Wi-Fi Finds the Way

In the concrete canyons of city centres, GPS satellite positioning systems often fail because high buildings block the signals they rely on. But an unlikely back-up for GPS is emerging: Wi-Fi. A Wi-Fi based positioning system developed in the US and the UK works best where GPS fails: in cities and inside cavernous complexes like shopping malls. And because cheap Wi-Fi technology is already appearing on a raft of gadgets like PDAs, cellphones and laptops faster than more expensive GPS receivers are, the developers predict that Wi-Fi could become central to new location-based applications.

They say emergency services in particular could find the system an essential back-up. Wi-Fi allows people to connect devices wirelessly to the internet. Base stations are springing up in coffee bars, libraries, universities, airports, phone booths and other public places. Each base station broadcasts a radio signal to announce its presence to devices within a range of around 100 metres. This signal incorporates a unique network address code that identifies the base station. Anthony LaMarca of the University of Washington in Seattle, and colleagues at Intel’s research labs in both the US and the UK, have developed software that constantly records the radio signal strengths from nearby base stations. It can identify the origin of the signal from a database giving the location of 26,000 Wi-Fi base stations in the US and the UK. Using the signal strength from at least three base stations, it can then triangulate the user’s location. “This is a poor man’s GPS,” says team member Bill Schilit of Intel Research in Santa Clara, California.

At the moment, the new system, called Place Lab, is not as precise as GPS. It can provide accuracy to within 20 to 30 metres, whereas the GPS average is 8 to 10 metres. But with improved algorithms that take into account, say, the height of the base station above the ground, or the building materials in the vicinity, LaMarca says “we could get on a par with GPS” in an area as densely served with Wi-Fi as downtown Seattle. The growth of Wi-Fi means all urban areas should one day have similar blanket coverage. Once a user has Wi-Fi they won’t have to buy extra hardware to use Place Lab, and the software can be downloaded for free from http://www.placelab.org. Increasingly, laptops, cellphones and PDAs are being sold with Wi-Fi capability already installed for around an extra $30. “This is not the case with GPS,” LaMarca points out.
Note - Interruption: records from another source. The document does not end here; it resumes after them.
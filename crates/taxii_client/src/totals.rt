ghost use Rattle.std.specs.Prelude.{◌≡◌, ◌<◌, ◌+◌, ◌^◌};
ghost use Rattle.taxii_client.specs.Totals.{with_tally};

use crate::Tally;

/// The outcome of the entries of all absorbed pages.
#[derive(Clone, Copy, Debug, PartialEq, Eq)]
pub struct Totals {
    pub pages: u64,
    /// The number of objects that became rows.
    pub added: u128,
    /// The number of objects that were already present.
    pub present: u128,
    /// The number of entries that are no JSON value or violate a rule.
    pub skipped: u128,
}

impl Totals {
    /// No pages.
    pub(crate) fn new() -> Totals
        ensures { result ≡ record { pages = 0; added = 0; present = 0; skipped = 0 } }
    {
        Totals {
            pages: 0,
            added: 0,
            present: 0,
            skipped: 0,
        }
    }

    /// Adds a page.
    pub(crate) fn add(&mut self, tally: &Tally)
        requires pages { self.old.pages < 2 ^ 63 }
        requires added { self.old.added < 2 ^ 127 }
        requires present { self.old.present < 2 ^ 127 }
        requires skipped { self.old.skipped < 2 ^ 127 }
        ensures sums { self.new ≡ with_tally tally.now self.old }
        ensures few_added { self.new.added < self.old.added + 2 ^ 64 }
        ensures few_present { self.new.present < self.old.present + 2 ^ 64 }
        ensures few_skipped { self.new.skipped < self.old.skipped + 2 ^ 64 }
    {
        self.pages += 1;
        self.added += u128::from(tally.added);
        self.present += u128::from(tally.present);
        self.skipped += u128::from(tally.skipped);
    }
}
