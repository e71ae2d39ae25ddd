ghost use Rattle.std.specs.Prelude.{◌≡◌, All, Err, IfOk, IfErr, OnErr};
ghost use Rattle.flow_edges.specs.Faults.{Counted};
ghost use Rattle.taxii_store.specs.Agreement.{Agrees};
ghost use Rattle.taxii_client.specs.Absorbing.{IsReadable, Absorbs, LacksDatesForPage};
ghost use Rattle.taxii_client.specs.declared.store_refusal.StoreRefusal.TheVariants as Refused;

use crate::partitioned::Partitioned;
use crate::{StoreRefusal, Tally};
use flow_values::Items;
use std::alloc::Global;
use std::marker::Model;
use stix_json::Entry;
use taxii_rows::Keeper;
use taxii_store::Library;

/// A collection of a local store that is filled with the pages of a peer's collection.
#[derive(Drop)]
pub struct Mirror {
    alloc: Global,
    library: Library,
    collection: u128,
}

impl Model for Mirror {
    ghost use Rattle.taxii_client.specs.Absorbing.{MirrorState};

    ghost Value = { MirrorState };

    ghost view = { λ mirror. record { collection = mirror.collection; store = mirror.library } };
}

impl Mirror {
    /// A mirror into a collection of the library. Allocates nothing.
    pub fn new(alloc: Global, library: Library, collection: u128) -> Mirror
        ensures { result ≡ record { collection = collection; store = library } }
    {
        Mirror {
            alloc,
            library,
            collection,
        }
    }

    /// Absorbs a page at a moment (microseconds since 1970): adds the entries that are valid STIX
    /// objects, in order, and skips the others. After an error nothing has changed. `DatesUsedUp`
    /// if fewer dates are left than there are new rows, `Fault` if the keeper failed (and counted
    /// it).
    pub fn absorb<K: Keeper>(
        &mut self,
        keeper: &mut K,
        moment: u64,
        entries: Items<Entry>,
    ) -> Result<Tally, StoreRefusal>
        requires agrees { Agrees (K.kept keeper.old) self.old.store }
        // the JSON reader's output has this form
        requires readable { All IsReadable entries }
        ensures agrees { Agrees (K.kept keeper.new) self.new.store }
        ensures name { (K.kept keeper.new).name ≡ (K.kept keeper.old).name }
        ensures collection { self.new.collection ≡ self.old.collection }
        ensures ok { IfOk result
            (λ tally. Absorbs self.old.collection
            (record { entries = entries; moment = moment; tally = tally }) self.old.store
            self.new.store) }
        // `DatesUsedUp` only if that is so
        ensures dates { IfErr result (λ refusal. refusal ≡ Refused.DatesUsedUp
            → LacksDatesForPage self.old.collection entries self.old.store) }
        ensures err { OnErr result (self.new ≡ self.old) }
        // the keeper counts a fault exactly if the result is `Fault`
        ensures causes { Counted (result ≡ Err Refused.Fault) (K.faults keeper.old)
            (K.faults keeper.new) }
    {
        let partitioned = Partitioned::of(self.alloc, entries.into_vec())?;
        let planned = self
            .library
            .plan_add(self.collection, moment, partitioned.objects)?;
        let tally = Tally::of(planned.outcomes(), partitioned.skipped);
        self.library.commit_add(keeper, planned)?;
        Ok(tally)
    }
}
Researchers at the University of Glasgow in the UK are planning to test Place Lab’s positioning ability on volunteers equipped with Wi-Fi enabled PDAs during this year’s Edinburgh Festival in August – despite the city’s patchy Wi-Fi coverage. And next year, new software for the PDAs will help people find their way around Edinburgh and keep track of their friends. Place Lab is not the first software to use Wi-Fi for positioning but- belying its name- it is the first to bring the idea out of the lab and into the real world. “Microsoft once set up arrays of access points in a lab, but we are using the existing Wi-Fi infrastructure,” LaMarca says. Place Lab has already been tested in Berkeley, San Diego, Seattle, Manhattan and Cambridge in the UK, among other cities. The Place Lab team have other applications in the works. Jason Hong, a computer scientist at the University of California, Berkeley, is developing a “location-aware” version of Microsoft’s Instant Messenger software. This will allow users to transmit their Place Lab data so that “buddy lists” will not only reveal when friends are online, but also where they are. It could also be used to direct a user to the nearest petrol station or coffee bar, remind them their books are overdue as they pass the library, or warn them of traffic congestion ahead.